Restricted Thesis: Campus only access

Degree Name

Bachelor of Science

Department

Biology

First Advisor

Dr. Suzanne Barbour

Second Advisor

Dr. William Shanabruch

Abstract

Many years ago, the membrane of a cell was thought to be nothing more than a divider which separated the processes of life from the external environment.

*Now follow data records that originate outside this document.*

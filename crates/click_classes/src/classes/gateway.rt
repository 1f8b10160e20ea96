//! The classes that answer for a gateway, by ARP (RFC 826) and ICMP (RFC 792): ARPResponder,
//! ICMPPingResponder and ICMPError.

ghost use Rattle.std.specs.Prelude.{◌≡◌, List, ℕ};
ghost use Rattle.click_gateway.specs.Icmp.{is_echo_request};
ghost use Rattle.click_classes.specs.Acts.{made_or};
ghost use Rattle.click_classes.specs.Gateway.{arp_reply, ping_reply, further, error_report};
ghost use Rattle.click_classes.specs.Made.{arp_responder, error_kind, icmp_error, station, without_arguments, ByWords};
ghost use Rattle.click_classes.specs.Steps.{each, OrNoMemory};
ghost use Rattle.click_classes.specs.declared.state.State.{State};
ghost use Rattle.click_classes.specs.kept.Answers.{IsOrNoMemory};

use crate::arguments::Arguments;
use crate::classes::plain::without_arguments;
use crate::fault::ArgFault;
use crate::packet_effects::Verdict;
use crate::state::State;
use crate::values::address::address;
use crate::values::number::number_in;
use crate::values::report::Report;
use crate::values::station::{Station, read_station, station_for};
use click_base::sequence::Sequence;
use click_gateway::{ErrorKind, answer_echo, reply_to_request, requested_address};
use click_packet::Packet;
use std::alloc::Global;

/// Parses the words of each argument as a station.
fn stations(
    alloc: Global,
    arguments: &[Sequence<Sequence<u8>>],
) -> Result<Sequence<Station>, ArgFault>
    ensures { IsOrNoMemory (each station arguments.now) result }
{
    let mut list = Sequence::new(alloc);
    for words in arguments {
        let station = read_station(alloc, words.as_slice())?;
        list.push(station)?;
    }
    Ok(list)
}

/// `ARPResponder(PREFIX.. ETHER, ..)` answers ARP requests (RFC 826). It is in the package
/// `gateway`.
///
/// - Arguments: 1 to 256 stations. A station is 1 to 64 prefixes and then an Ethernet address,
///   separated by spaces.
/// - Ports: one agnostic input; one agnostic output, and optionally a push output 1.
/// - Packets are Ethernet frames. An ARP request for an address that is in a prefix of a station
///   becomes the reply. That is a frame of 42 bytes from the station's Ethernet address to the
///   sender, and it keeps the paint and the destination annotation. If several stations have the
///   address, the first one replies. All other packets are pushed to output 1 if that is connected,
///   and are dropped otherwise. If such a packet was pulled, the pull returns no packet.
/// - An ARP request has at least 42 bytes, the type 0806, hardware type 1, protocol type 0800,
///   lengths 6 and 4, and operation 1. Its other fields, except the target's IP address, are not
///   tested.
/// - Handlers: none.
///
/// ```click
/// require(gateway);
/// FromDevice(a) -> r :: ARPResponder(10.1.0.1 10.1.1.0/24 2:0:0:0:0:1) -> Discard;
/// r [1] -> Discard;
/// ```
///
/// ```calls
/// require(gateway); FromDevice(a) -> r :: ARPResponder(10.1.0.1 2:0:0:0:0:1) -> Queue -> ToDevice(x);
/// r [1] -> c :: Counter -> Discard;
/// > arrive a ffffffffffff0200000000aa080600010800060400010200000000aa0a0100020000000000000a010001
/// entered 1
/// > transmit x
/// sent 0200000000aa020000000001080600010800060400020200000000010a0100010200000000aa0a010002 0 0.0.0.0
/// > arrive a ffffffffffff0200000000aa080600010800060400010200000000aa0a0100020000000000000a010063
/// entered 1
/// > transmit x
/// sent none
/// > read c.count
/// value 31
/// ```
#[tactic(auto, unfolding(crate::specs::Made::arp_responder))]
pub fn make_arp_responder(alloc: Global, arguments: &Arguments) -> Result<State, ArgFault>
    ensures { OrNoMemory (ByWords 1 256 arp_responder arguments.now) result }
{
    if !arguments.are(1, 256) {
        return Err(ArgFault::ArgumentCount);
    }
    let words = arguments.words(alloc)?;
    let stations = stations(alloc, words.as_slice())?;
    Ok(State::ARPResponder { stations })
}

/// Replaces an ARP request for an address of these stations by the reply.
///
/// All other packets are left unchanged, for the side output.
#[inline(never)]
pub fn answer_arp(stations: &[Station], packet: &mut Packet) -> Verdict
    ensures { (state : State) → made_or state (arp_reply stations.now packet.old) packet.old Verdict.SideOutput ≡ record { state = state; packet = packet.new; verdict = result } }
{
    let Some(address) = requested_address(packet) else {
        return Verdict::SideOutput;
    };
    let Some(ether) = station_for(stations, address) else {
        return Verdict::SideOutput;
    };
    reply_to_request(packet, ether);
    Verdict::Forward
}

/// `ICMPPingResponder` answers echo requests (RFC 792; RFC 1122, section 3.2.2.6). It is in the
/// package `gateway`.
///
/// - Arguments: none.
/// - Ports: one agnostic input; one agnostic output, and optionally a push output 1.
/// - Packets begin with an IP header. An echo request becomes its reply, with a new header of 20
///   bytes and a time to live of 64. The reply has the request's type of service, including ECN
///   ([LIMITS](LIMITS.md#what-is-missing)), its identification and its paint, and no flags. Its
///   destination annotation is the address of the host that asked. The bytes after the datagram are
///   removed. All other packets are pushed to output 1 if that is connected, and are dropped
///   otherwise. If such a packet was pulled, the pull returns no packet.
/// - An echo request has a valid header without options, is not fragmented, and has at least 8 bytes
///   of ICMP with type 8, code 0 and a right sum. Each of its addresses can be one host's
///   ([ARPQuerier](#arpquerier)). The destination need not be an address of the router.
/// - A request with IP options is no such request, because its reply would have to reverse a source
///   route.
/// - Handlers: none.
///
/// ```click
/// require(gateway);
/// FromDevice(a) -> Strip(14) -> p :: ICMPPingResponder -> Discard;
/// p [1] -> Discard;
/// ```
///
/// ```calls
/// require(gateway); FromDevice(a) -> p :: ICMPPingResponder -> Queue -> ToDevice(x);
/// p [1] -> c :: Counter -> Discard;
/// > arrive a 4500001f123400003f0155a60a0100020a0100010800339500070001616263000000
/// entered 1
/// > transmit x
/// sent 4500001f12340000400154a60a0100010a01000200003b9500070001616263 0 10.1.0.2
/// > arrive a 4500001f123400003f0155a60a0100020a0100010800339500070001616264000000
/// entered 1
/// > transmit x
/// sent none
/// > read c.count
/// value 31
/// ```
pub fn make_icmp_ping_responder(arguments: &Arguments) -> Result<State, ArgFault>
    ensures { result ≡ without_arguments State.ICMPPingResponder arguments.now }
{
    without_arguments(State::ICMPPingResponder, arguments)
}

/// Replaces an echo request by its reply.
///
/// All other packets are left unchanged, for the side output.
pub fn answer_ping(packet: &mut Packet) -> Verdict
    ensures { (state : State) → made_or state (ping_reply packet.old) packet.old Verdict.SideOutput ≡ record { state = state; packet = packet.new; verdict = result } }
{
    if answer_echo(packet) {
        Verdict::Forward
    } else {
        Verdict::SideOutput
    }
}

/// Parses the type of an ICMP error, which is its name or its number.
#[tactic(auto, unfolding(crate::specs::Made::error_kind))]
fn error_kind(bytes: &[u8]) -> Result<u8, ArgFault>
    ensures { result ≡ error_kind bytes.now }
{
    if bytes == b"unreachable".as_slice() {
        return Ok(3);
    }
    if bytes == b"redirect".as_slice() {
        return Ok(5);
    }
    if bytes == b"timeexceeded".as_slice() {
        return Ok(11);
    }
    if bytes == b"parameterproblem".as_slice() {
        return Ok(12);
    }
    let number = number_in(bytes, 0, 255)?;
    if number == 3 || number == 5 || number == 11 || number == 12 {
        Ok(number as u8)
    } else {
        Err(ArgFault::OutOfRange)
    }
}

/// `ICMPError(IP, TYPE [, CODE [, MTU]])` reports errors about packets (RFC 792; RFC 1812, section
/// 4.3). It is in the package `gateway`.
///
/// - Arguments: IP, the sender of the report; TYPE, a name or its number; CODE, from 0 to 255, by
///   default 0; MTU, from 0 to 65,535, by default 0. The types are `unreachable` (3), `redirect`
///   (5), `timeexceeded` (11) and `parameterproblem` (12).
/// - Ports: one agnostic input, one agnostic output.
/// - A packet becomes the report about it, a datagram of at most 576 bytes to its source. It has
///   precedence 6, the five low bits of the packet's type of service, including ECN
///   ([LIMITS](LIMITS.md#what-is-missing)), and a time to live of 64. Identification and flags are
///   0. The report quotes no padding. The paint stays, and the source becomes the destination
///   annotation. A redirect names the packet's destination annotation as the gateway. A report of
///   type 3 and code 4 (fragmentation needed) has the MTU (RFC 1191). All other reports have zeros
///   in these four bytes, so a parameter problem points to byte 0.
/// - No report is made about a packet with an invalid header, about a later fragment or about an
///   ICMP error (type 3, 4, 5, 11 or 12). The same holds for an ICMP packet without a byte behind
///   its header, and for a packet from or to an address that cannot be one host's
///   ([ARPQuerier](#arpquerier)). Such packets are dropped. A packet does not show that it came in a
///   broadcast frame: a Classifier finds these (`0/01%01`).
/// - Handlers: none.
///
/// ```click
/// require(gateway);
/// FromDevice(a) -> d :: DecIPTTL -> Discard;
/// d [1] -> ICMPError(10.1.0.1, timeexceeded) -> Discard;
/// ```
///
/// ```calls
/// require(gateway); FromDevice(a) -> ICMPError(10.1.0.1, timeexceeded) -> Queue -> ToDevice(x);
/// FromDevice(b) -> ICMPError(10.1.0.1, 3, 4, 1400) -> Queue -> ToDevice(y);
/// > arrive a 45100020beef00000111e6c70a0100020a0200027eb2829a000c000064617461
/// entered 1
/// > transmit x
/// sent 45d0003c00000000400165ed0a0100010a0100020b001ae40000000045100020beef00000111e6c70a0100020a0200027eb2829a000c000064617461 0 10.1.0.2
/// > arrive b 45100020beef00000111e6c70a0100020a0200027eb2829a000c000064617461
/// entered 1
/// > transmit y
/// sent 45d0003c00000000400165ed0a0100010a01000203041d680000057845100020beef00000111e6c70a0100020a0200027eb2829a000c000064617461 0 10.1.0.2
/// > arrive b 45d0003c00000000400122300a0100010a010002030122e30000000045100020beef00000111e6c70a0100020a0200027eb2829a000c000064617461
/// entered 1
/// > transmit y
/// sent none
/// ```
#[tactic(auto, unfolding(crate::specs::Made::icmp_error))]
pub fn make_icmp_error(arguments: &Arguments) -> Result<State, ArgFault>
    ensures { result ≡ icmp_error arguments.now }
{
    if !arguments.are(2, 4) {
        return Err(ArgFault::ArgumentCount);
    }
    let own = address(arguments.at(0))?;
    let kind = error_kind(arguments.at(1))?;
    let code = match arguments.get(2) {
        Some(bytes) => number_in(bytes, 0, 255)?,
        None => 0,
    };
    let mtu = match arguments.get(3) {
        Some(bytes) => number_in(bytes, 0, 65535)?,
        None => 0,
    };
    Ok(State::ICMPError {
        report: Report {
            own,
            kind,
            code: code as u8,
            mtu: mtu as u16,
        },
    })
}

/// Returns the four bytes after the checksum of a report.
fn further(report: &Report, packet: &Packet) -> [u8; 4]
    ensures { result ≡ further report.now packet.now }
{
    if report.kind == 5 {
        packet.destination()
    } else if report.kind == 3 && report.code == 4 {
        [0, 0, (report.mtu / 256) as u8, (report.mtu % 256) as u8]
    } else {
        [0, 0, 0, 0]
    }
}

/// Replaces a packet by the report of an error about it, if one may be sent.
///
/// All other packets are left unchanged, and are dropped.
pub fn report_error(report: &Report, packet: &mut Packet) -> Verdict
    ensures { (state : State) → made_or state (error_report report.now packet.old) packet.old Verdict.Dropped ≡ record { state = state; packet = packet.new; verdict = result } }
{
    let error = ErrorKind {
        kind: report.kind,
        code: report.code,
        further: further(report, packet),
    };
    if click_gateway::report(packet, report.own, &error) {
        Verdict::Forward
    } else {
        Verdict::Dropped
    }
}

It was known that the primary constituents of the membrane were molecules known as phospholipids, which are composed of glycerol backbone with a polar head group (i.e. phosphoserine, phosphocholine, phosphoinositol, or phosphoethanolamine) esterified into the sn-3 position and long chain fatty acids (lauric, myristic, palmitic, stearic, arachidic, lignoceric, or arachidonic acid) esterified into the sn-1 and sn-2 positions. There was, however, very little information on how these molecules arranged themselves to form the membrane. In 1925, Gorter and Grendel, using the knowledge that phospholipids would float on the surface of water in a unimolecular layer in which the polar "head groups" face the water and the fatty acyl "tails" point away, demonstrated that the surface area of the phospholipids from an erythrocyte was approximately twice the area of the original cell. They inferred from this that since erythrocytes have no internal membranes, the phospholipids must arrange themselves in some kind of bilayer. Later experiments showed that phospholipids spontaneously form either bilayered sheets or vesicles and that lipid bilayers have a very low density in the center of the bilayer, suggesting that the lipid content in this region significantly exceeds amount of protein. Finally, electron microscopy demonstrated that the membrane looks like a "railroad track," with two dark, parallel outer regions and a clear center area. All this evidence led to Singer and Nicolson to form the model of the membrane we use today, the fluid mosaic model.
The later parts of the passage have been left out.